Emmy Episode Analysis: Who’s Ahead In Wide Open Supporting Actress Races?

The small screen can’t contain these performances.

Eighteen amazing female performances populate the supporting actress categories at the Emmys. To win in either the comedy, drama or miniseries categories, each woman submits one episode. This is the episode that voters will judge them on. This process applies to all other acting categories, sans Best Actor and Actress in a Miniseries or TV movie. Those categories are judged by the full length miniseries or made for TV movie. We will continue to delve into these categories each Friday until the Emmys.

Warning: There may be spoilers ahead.

Outstanding Supporting Actress in a Drama Series

Uzo Aduba as Suzanne “Crazy Eyes” Warren in “Orange is the New Black” for “People Persons”

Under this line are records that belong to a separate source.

// What the service answers.
ghost use Rattle.std.specs.Prelude.{◌≡◌, IfOk, true, length, map, ◌++◌, ◌∷◌, []};
ghost use Rattle.nt_types.specs.Types.{table_tree};
ghost use Rattle.pvd_value.specs.Data.{single, int, texts, many, members};
ghost use Rattle.pvd_value.specs.Fits.{fits_of};
ghost use Rattle.pvd_value.specs.View.{view, row_of};
ghost use Rattle.rpc_services.specs.Answers.{channels_tree, channels_data, info_tree, info_data, count_shown, columns, rows_data, snapshot_tree, snapshot_data};

use crate::parts::{ints_of, longs_of, member, structure, texts_of};
use nt_types::nt_table;
use pvd_type::{Extent, Name, NoMemory, PvType, Scalar, Shape};
use pvd_value::{Items, PvValue};
use std::alloc::Global;

/// The names of channels in this order: an NTScalarArray of strings that has the field `value` alone (EPICS Normative
/// Types 1.0, "NTScalarArray"). Each name is copied once.
pub fn channels(alloc: Global, names: &[Name]) -> Result<(PvType, PvValue), NoMemory>
    ensures tree { IfOk result (λ r. r.0 ≡ channels_tree) }
    ensures value { IfOk result (λ r. view r.1 ≡ channels_data names.now) }
    ensures fits { IfOk result (λ r. fits_of 16 (view r.1) r.0 ≡ true) }
{
    let ty = channels_type(alloc)?;
    let value = channels_value(alloc, names)?;
    Ok((ty, value))
}

fn channels_type(alloc: Global) -> Result<PvType, NoMemory>
    ensures { IfOk result (λ ty. ty ≡ channels_tree) }
{
    let names = Shape::List(Scalar::Text, Extent::Variable);
    let value = member(alloc, "value", names)?;
    let shape = structure(alloc, "epics:nt/NTScalarArray:1.0", vec![in alloc; value]?)?;
    PvType::of_checked(alloc, shape)
}

fn channels_value(alloc: Global, names: &[Name]) -> Result<PvValue, NoMemory>
    ensures { IfOk result (λ v. view v ≡ channels_data names.now) }
{
    let names = texts_of(alloc, names)?;
    Ok(PvValue::Struct(vec![in alloc; names]?))
}

/// The version of the service, which is the text `1`, and how many records and groups the server has: a structure without
/// an id. A count above 2^31 - 1 is shown as 2^31 - 1.
pub fn info(alloc: Global, records: u32, groups: u32) -> Result<(PvType, PvValue), NoMemory>
    ensures tree { IfOk result (λ r. r.0 ≡ info_tree) }
    ensures value { IfOk result (λ r. view r.1 ≡ info_data records groups) }
    ensures fits { IfOk result (λ r. fits_of 16 (view r.1) r.0 ≡ true) }
{
    let ty = info_type(alloc)?;
    let value = info_value(alloc, records, groups)?;
    Ok((ty, value))
}

fn info_type(alloc: Global) -> Result<PvType, NoMemory>
    ensures { IfOk result (λ ty. ty ≡ info_tree) }
{
    let version = member(alloc, "version", Shape::Plain(Scalar::Text))?;
    let records = member(alloc, "records", Shape::Plain(Scalar::I32))?;
    let groups = member(alloc, "groups", Shape::Plain(Scalar::I32))?;
    let shape = structure(alloc, "", vec![in alloc; version, records, groups]?)?;
    PvType::of_checked(alloc, shape)
}

fn info_value(alloc: Global, records: u32, groups: u32) -> Result<PvValue, NoMemory>
    ensures { IfOk result (λ v. view v ≡ info_data records groups) }
{
    let version = PvValue::Text(Name::of(alloc, "1")?);
    let (records, groups) = (count_of(records), count_of(groups));
    Ok(PvValue::Struct(vec![in alloc; version, records, groups]?))
}

/// A count as an int.
fn count_of(count: u32) -> PvValue
    ensures { view result ≡ single (int (count_shown count)) }
{
    PvValue::I32(count.min(i32::MAX as u32) as i32)
}

/// A row for each record: an NTTable whose labels are the names of its columns, `name` and `value` (strings), `severity`
/// (int, 0 for none to 3), `secondsPastEpoch` (long, since 1970) and `nanoseconds` (int) (EPICS Normative Types 1.0,
/// "NTTable"). The lists are as long as each other: a record has the same place in all. Each text is copied once.
pub fn table(
    alloc: Global,
    names: &[Name],
    texts: &[Name],
    severities: &[i32],
    seconds: &[i64],
    nanoseconds: &[i32],
) -> Result<(PvType, PvValue), NoMemory>
    requires texts { length texts.now ≡ length names.now }
    requires severities { length severities.now ≡ length names.now }
    requires seconds { length seconds.now ≡ length names.now }
    requires nanoseconds { length nanoseconds.now ≡ length names.now }
    ensures tree { IfOk result (λ r. r.0 ≡ snapshot_tree) }
    ensures value { IfOk result (λ r. view r.1 ≡ snapshot_data names.now texts.now severities.now seconds.now nanoseconds.now) }
    ensures fits { IfOk result (λ r. fits_of 16 (view r.1) r.0 ≡ true) }
{
    let columns = columns(alloc)?;
    let ty = table_type(alloc, columns.as_slice())?;
    let labels = labels_of(alloc, columns.as_slice())?;
    let rows = rows_of(alloc, names, texts, severities, seconds, nanoseconds)?;
    let value = table_value(alloc, labels, rows)?;
    Ok((ty, value))
}

/// The columns of a table of records, each with its name.
fn columns(alloc: Global) -> Result<Vec<(Name, Scalar)>, NoMemory>
    ensures { IfOk result (λ cs. cs.items ≡ columns) }
{
    let columns = Vec::with_capacity(alloc, 5)?;
    let columns = with_column(alloc, columns, "name", Scalar::Text)?;
    let columns = with_column(alloc, columns, "value", Scalar::Text)?;
    let columns = with_column(alloc, columns, "severity", Scalar::I32)?;
    let columns = with_column(alloc, columns, "secondsPastEpoch", Scalar::I64)?;
    with_column(alloc, columns, "nanoseconds", Scalar::I32)
}

/// One more column behind these.
fn with_column(
    alloc: Global,
    columns: Vec<(Name, Scalar)>,
    name: &str,
    scalar: Scalar,
) -> Result<Vec<(Name, Scalar)>, NoMemory>
    ensures { IfOk result (λ more. more.items ≡ columns.items ++ (name.now, scalar) ∷ []) }
{
    let mut more = columns;
    more.push((Name::of(alloc, name)?, scalar))?;
    Ok(more)
}

fn table_type(alloc: Global, columns: &[(Name, Scalar)]) -> Result<PvType, NoMemory>
    ensures { IfOk result (λ ty. ty ≡ table_tree columns.now) }
{
    match nt_table(alloc, columns) {
        Ok(ty) => Ok(ty),
        Err(_) => Err(NoMemory),
    }
}

/// The names of columns, in order.
fn labels_of(alloc: Global, columns: &[(Name, Scalar)]) -> Result<PvValue, NoMemory>
    ensures { IfOk result (λ v. view v ≡ many (texts (map (λ c. c.0) columns.now))) }
{
    let mut labels = Vec::with_capacity(alloc, columns.len())?;
    for column in columns {
        labels.push(column.0.clone_in(alloc)?)?;
    }
    Ok(PvValue::List(Items::Text(labels)))
}

/// The columns of records, side by side.
fn rows_of(
    alloc: Global,
    names: &[Name],
    texts: &[Name],
    severities: &[i32],
    seconds: &[i64],
    nanoseconds: &[i32],
) -> Result<PvValue, NoMemory>
    ensures { IfOk result (λ v. view v ≡ rows_data names.now texts.now severities.now seconds.now nanoseconds.now) }
{
    let mut columns = Vec::with_capacity(alloc, 5)?;
    columns.push(texts_of(alloc, names)?)?;
    columns.push(texts_of(alloc, texts)?)?;
    columns.push(ints_of(alloc, severities)?)?;
    columns.push(longs_of(alloc, seconds)?)?;
    columns.push(ints_of(alloc, nanoseconds)?)?;
    Ok(PvValue::Struct(columns))
}

/// Labels, and the columns that they name.
fn table_value(alloc: Global, labels: PvValue, rows: PvValue) -> Result<PvValue, NoMemory>
    ensures { IfOk result (λ v. view v ≡ members (row_of (view labels ∷ view rows ∷ []))) }
{
    Ok(PvValue::Struct(vec![in alloc; labels, rows]?))
}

IMDB Synopsis: Caputo’s leadership is challenged and the inmates are in for a long night of lockdown after workers make an unsettling discovery.

During the panel system of voting, rather than the current popular vote system, Aduba would win in a walk with this episode selection. The episode answers the question on how her character, Suzanne, ends up in jail. It’s heartbreaking and Aduba conveys the two different places we see her character – as a free woman and in distress in prison. The prison scenes are also harrowing, as Suzanne is goaded into violence. A two time winner for this role, once in this category, Aduba was left out last year as many felt the show took a narrative hit. Season four was one of the most well received, but many voters may have fallen out of love with the show. Without widespread support, it may be hard for Aduba to win again.

Millie Bobby Brown as Eleven in “Stranger Things” for “Chapter Seven: The Bathtub”

IMDB Synopsis: The government comes searching for Eleven. Eleven looks for Will in the Upside Down.

The breakout star of “Stranger Things” managed to nab a nomination, even when her more famous co-star Winona Ryder was snubbed. The show took off and Brown has charmed her way through every awards show, which has risen her profile considerably. The episode submission gives Brown an opportunity to be heroic and also convey fear in an interesting way. There’s exciting action elements to it as well. However, not a lot of this reads as “fine acting.” For voters looking to vote for a “performance,” they often times go for big speeches and grandstanding. These voters will likely not go for Brown.

Ann Dowd as Aunt Lydia in “The Handmaid’s Tale” for “Offred (Pilot)”

IMDB Synopsis: Offred, one the few fertile women known as Handmaids in the oppressive Republic of Gilead, struggles to survive as a reproductive surrogate for a powerful Commander and his resentful wife.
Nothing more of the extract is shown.